As it turned out, the Richard Perry-produced album came out first; the superb Baby It’s Me was released in September of 1977 and became a moderate success for the singer, with singles from that album riding the charts into the spring of 1978. In May, one of the disco songs Diana recorded with Hal Davis was included on the soundtrack to the film Thank God It’s Friday; “Lovin’, Livin’ And Givin'” was never officially released as a single in the United States, but did end up climbing to #35 on the Billboard’s National Disco Action Top 40 chart. Other songs recorded by Ross and Davis included a dance cover of the 1969 Marvin Gaye-Tammi Terrell duet “What You Gave Me” (written by Diana’s old friends Nickolas Ashford and Valerie Simpson) and “Sweet Summertime Livin’,” written by Kenny Stover. During the summer of 1977, Diana also recorded a batch of disco songs with Brian and Eddie Holland, two of the men responsible for most of her Supremes hits from the previous decade; after several years away, the Hollands had returned to Motown in 1975 to work with The Supremes again, producing a pair of albums for the trio in 1976, High Energy and Mary, Scherrie & Susaye).
But when Ross (Motown 907) was finally released in September of 1978, most of the new disco songs were left off in favor of older vault tracks and even a few previous releases. Only two of the Hal Davis productions were used (“Lovin’, Livin’ And Givin'” and “What You Gave Me”), and none of the Holland songs showed up; veteran Motown singer, songwriter, and producer Greg Wright turned in two new songs, the sleek ballad “Never Say I Don’t Love You” and the disco scorcher “You Were The One.” Meanwhile, likely in response to writer, producer, and frequent Ross collaborator Michael Masser signing a much-publicized publishing deal with Arista Records in late 1977, Motown dug up three of his productions for inclusion, including a never-before-released ballad and the failed 1975 single “Sorry Doesn’t Always Make It Right.” These tracks, along with a few others, result in a hodgepodge of an album, one that’s a strange hybrid of a studio LP and a compilation; nobody seemed to know what to do with it, least of all Motown, which only released one single — and waited nearly three months to do it!
The fact is, even if Ross had been the exciting, cohesive disco album many expected it to be, it likely would have been lost in the wave of publicity — mostly negative — surrounding The Wiz.
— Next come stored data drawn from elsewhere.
//! What one table of a file says.

ghost use Rattle.std.specs.Prelude.{◌≡◌, pos};
ghost use Rattle.toml.specs.View.{view, table_view};
ghost use Rattle.pd_objects.specs.Supply.{IsSupply};
ghost use Rattle.pd_scenario_tables.specs.Schema.{port_rules};
ghost use Rattle.pd_scenario_tables.specs.Values.{small, supply_of};
ghost use Rattle.pd_scenario_tables.specs.Tables.{value_at, whole_in, number_at as number_of_key, word_at, event_at, IsSound, IsSoundPort};
ghost use Rattle.pd_scenario_tables.specs.Convert.{settings_of, cable_of, sink_of, on, damage_of, kind_in, happening_of, event_of};

use crate::schema::{
    DEFAULT_MODE, DEFAULT_REVISION, DEFAULT_TRIES, DEFAULT_UNCONSTRAINED, EventName, Key,
    TableKind, Version,
};
use crate::tables::{elements_at, event_at, truth_at, whole_at, word_at};
use crate::values::{natural, numbers_of, small};
use crate::words::revision_of;
use arrayvec::ArrayVec;
use pd_identity::{Cable, CablePlug, Rating};
use pd_objects::Supply;
use pd_packet::Damage;
use pd_scenario::{
    Name, NamedCable, NamedSink, ScenarioEvent, ScenarioEventKind, ScenarioHappening, mode_of,
    plug_of, rating_of,
};
use pd_setup::{Demand, EventKind, KindWord, Settings, SinkRevision, SinkSettings, by_kind};
use toml::{Table, Value};

/// The number at a key; 0 where there is none of 32 bits.
pub fn number_at(table: &Table, key: Key) -> u32
    ensures { result ≡ small (whole_in (value_at key (table_view table.now)) (pos 0)) }
{
    small(whole_at(table, key, 0))
}

/// How often a port's cables are asked who they are.
fn tries_at(table: &Table) -> u32
    ensures { result ≡ number_of_key port_rules Key.IdentityTries (table_view table.now) }
{
    small(whole_at(table, Key::IdentityTries, DEFAULT_TRIES))
}

fn supply_of(value: &Value) -> Supply
    requires { IsSupply (supply_of (view value.now)) }
    ensures { result ≡ supply_of (view value.now) }
{
    let (mv, ma) = numbers_of(value);
    Supply::new(mv, ma)
}

fn supplies_of(table: &Table) -> ArrayVec<Supply, 7>
    requires { IsSoundPort (table_view table.now) }
    ensures { result.items ≡ (settings_of (table_view table.now)).supplies }
{
    let items = elements_at(table, Key::Supplies);
    let mut supplies = ArrayVec::new();
    for item in items {
        supplies.push(supply_of(item));
    }
    supplies
}

/// The settings that the table of a port says, which is sound and whose supplies are well formed.
pub fn settings_of(table: &Table) -> Settings
    requires { IsSoundPort (table_view table.now) }
    ensures { result ≡ settings_of (table_view table.now) }
{
    let supplies = supplies_of(table);
    let floor_mw = number_at(table, Key::Floor);
    let tries = tries_at(table);
    let unconstrained = truth_at(table, Key::Unconstrained, DEFAULT_UNCONSTRAINED);
    Settings::new(floor_mw, supplies, tries as u8, unconstrained)
}

/// The cable that a sound table says.
pub fn cable_of(table: &Table) -> NamedCable
    requires { IsSound TableKind.Cable (table_view table.now) }
    ensures { result ≡ cable_of (table_view table.now) }
{
    let name = word_at(table, Key::Name);
    let plug = plug_of(word_at(table, Key::Plug).as_bytes()).unwrap_or(CablePlug::Absent);
    let rating_ma = natural(whole_at(table, Key::Rating, 0));
    let rating = rating_of(rating_ma).unwrap_or(Rating::ThreeAmperes);
    NamedCable {
        name: Name::new(name),
        cable: Cable { plug, rating },
    }
}

/// The sink that a sound table says; of a file of the first version, which has no key for it, it is of Revision 3.0.
pub fn sink_of(table: &Table) -> NamedSink
    requires { IsSound TableKind.Sink (table_view table.now) }
    ensures { result ≡ sink_of (table_view table.now) }
{
    let name = word_at(table, Key::Name);
    let max_mv = number_at(table, Key::Max);
    let demand_mw = number_at(table, Key::Demand);
    let mode = mode_of(word_at(table, Key::Mode).as_bytes()).unwrap_or(DEFAULT_MODE);
    let number = whole_at(table, Key::Revision, DEFAULT_REVISION);
    let revision = revision_of(number).unwrap_or(SinkRevision::Revision3);
    NamedSink {
        name: Name::new(name),
        sink: SinkSettings::new(max_mv, demand_mw, mode, revision),
    }
}

/// Something on the port that an event names.
fn on(table: &Table, kind: ScenarioEventKind) -> ScenarioHappening
    ensures { result ≡ on (table_view table.now) kind }
{
    ScenarioHappening::OnPort {
        port: number_at(table, Key::Port),
        kind,
    }
}

fn attach_of(table: &Table) -> ScenarioEventKind
    requires { IsSound (TableKind.Event (EventName.OnPort (EventKind.Attach tt tt))) (table_view table.now) }
    ensures { result ≡ kind_in (EventKind.Attach tt tt) (table_view table.now) }
{
    let cable = word_at(table, Key::Cable);
    let sink = word_at(table, Key::Sink);
    EventKind::Attach {
        cable: Name::new(cable),
        sink: Name::new(sink),
    }
}

fn demand_of(table: &Table) -> Demand
    requires { IsSound (TableKind.Event (EventName.OnPort (EventKind.Demand tt))) (table_view table.now) }
    ensures { result ≡ small (whole_in (value_at Key.Mw (table_view table.now)) (pos 0)) }
{
    let mw = number_at(table, Key::Mw);
    Demand::new(mw)
}

fn damage_of(table: &Table) -> Damage
    requires { IsSound (TableKind.Event (EventName.OnPort (EventKind.Damage tt))) (table_view table.now) }
    ensures { result ≡ damage_of (table_view table.now) }
{
    let place = number_at(table, Key::Place);
    let mask = number_at(table, Key::Mask);
    Damage::new(place as u8, mask as u8)
}

fn kind_in(kind: KindWord, table: &Table) -> ScenarioEventKind
    requires { IsSound (TableKind.Event (EventName.OnPort kind)) (table_view table.now) }
    ensures { result ≡ kind_in kind (table_view table.now) }
{
    by_kind! {
        kind;
        Attach { (), () } => attach_of(table),
        Demand(()) => EventKind::Demand(demand_of(table)),
        Damage(()) => EventKind::Damage(damage_of(table)),
        plain => plain,
    }
}

fn happening_of(name: EventName, table: &Table) -> ScenarioHappening
    requires { IsSound (TableKind.Event name) (table_view table.now) }
    ensures { result ≡ happening_of name (table_view table.now) }
{
    match name {
        EventName::OnPort(kind) => on(table, kind_in(kind, table)),
        EventName::Budget => ScenarioHappening::Budget {
            mw: number_at(table, Key::Mw),
        },
        EventName::Unknown => on(table, EventKind::Detach),
    }
}

/// The event that a sound table says in a file of a version.
pub fn event_of(version: Version, table: &Table) -> ScenarioEvent
    requires { IsSound (TableKind.Event (event_at version (table_view table.now))) (table_view table.now) }
    ensures { result ≡ event_of version (table_view table.now) }
{
    let happening = happening_of(event_at(version, table), table);
    ScenarioEvent {
        id: number_at(table, Key::Id),
        at: number_at(table, Key::At),
        happening,
    }
}
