//! The words of a scenario file alone, and its numbers that stand for a choice.

ghost use Rattle.std.specs.Prelude.{◌≡◌};
ghost use Rattle.pd_scenario_tables.specs.Words.{revision_of, version_of, event_named, other_event};

use crate::schema::{EventName, Version};
use pd_scenario::kind_of;
use pd_setup::SinkRevision;

/// The revision of a number.
pub fn revision_of(number: i64) -> Option<SinkRevision>
    ensures { result ≡ revision_of number }
{
    if number == 2 {
        return Some(SinkRevision::Revision2);
    }
    if number == 3 {
        return Some(SinkRevision::Revision3);
    }
    None
}

/// The version of a number.
pub fn version_of(number: i64) -> Option<Version>
    ensures { result ≡ version_of number }
{
    if number == 1 {
        return Some(Version::One);
    }
    if number == 2 {
        return Some(Version::Two);
    }
    None
}

/// What the word of an event's kind says in a file of a version.
pub fn event_named(version: Version, word: &str) -> EventName
    ensures { result ≡ event_named version word.now }
{
    match kind_of(word.as_bytes()) {
        Some(kind) => EventName::OnPort(kind),
        None => other_event(version, word),
    }
}

/// What a word says that is no kind of event of a port.
fn other_event(version: Version, word: &str) -> EventName
    ensures { result ≡ other_event version word.now }
{
    match (version, word) {
        (Version::Two, "budget") => EventName::Budget,
        _ => EventName::Unknown,
    }
}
The film debuted in October to lackluster reviews and business, and the soundtrack performed far below expectations. Although Diana launched an all-new stage extravaganza at the Universal Amphitheater in Los Angeles on September 19, 1978 and performed a few of the songs from Ross during the show, the album slipped by many record buyers unnoticed and fell off the Billboard 200 after 17 weeks. It’s a shame that Ross feels like such a missed opportunity, because there are true moments of greatness to be found on the album; “You Were The One,” “Never Say I Don’t Love You,” and “To Love Again” showcase Diana Ross at her vocal best, and all three could have and should have been big hits. But there’s no denying that the seemingly random lineup makes the album a challenging listen, especially since it immediately follows the most seamless album of the singer’s career.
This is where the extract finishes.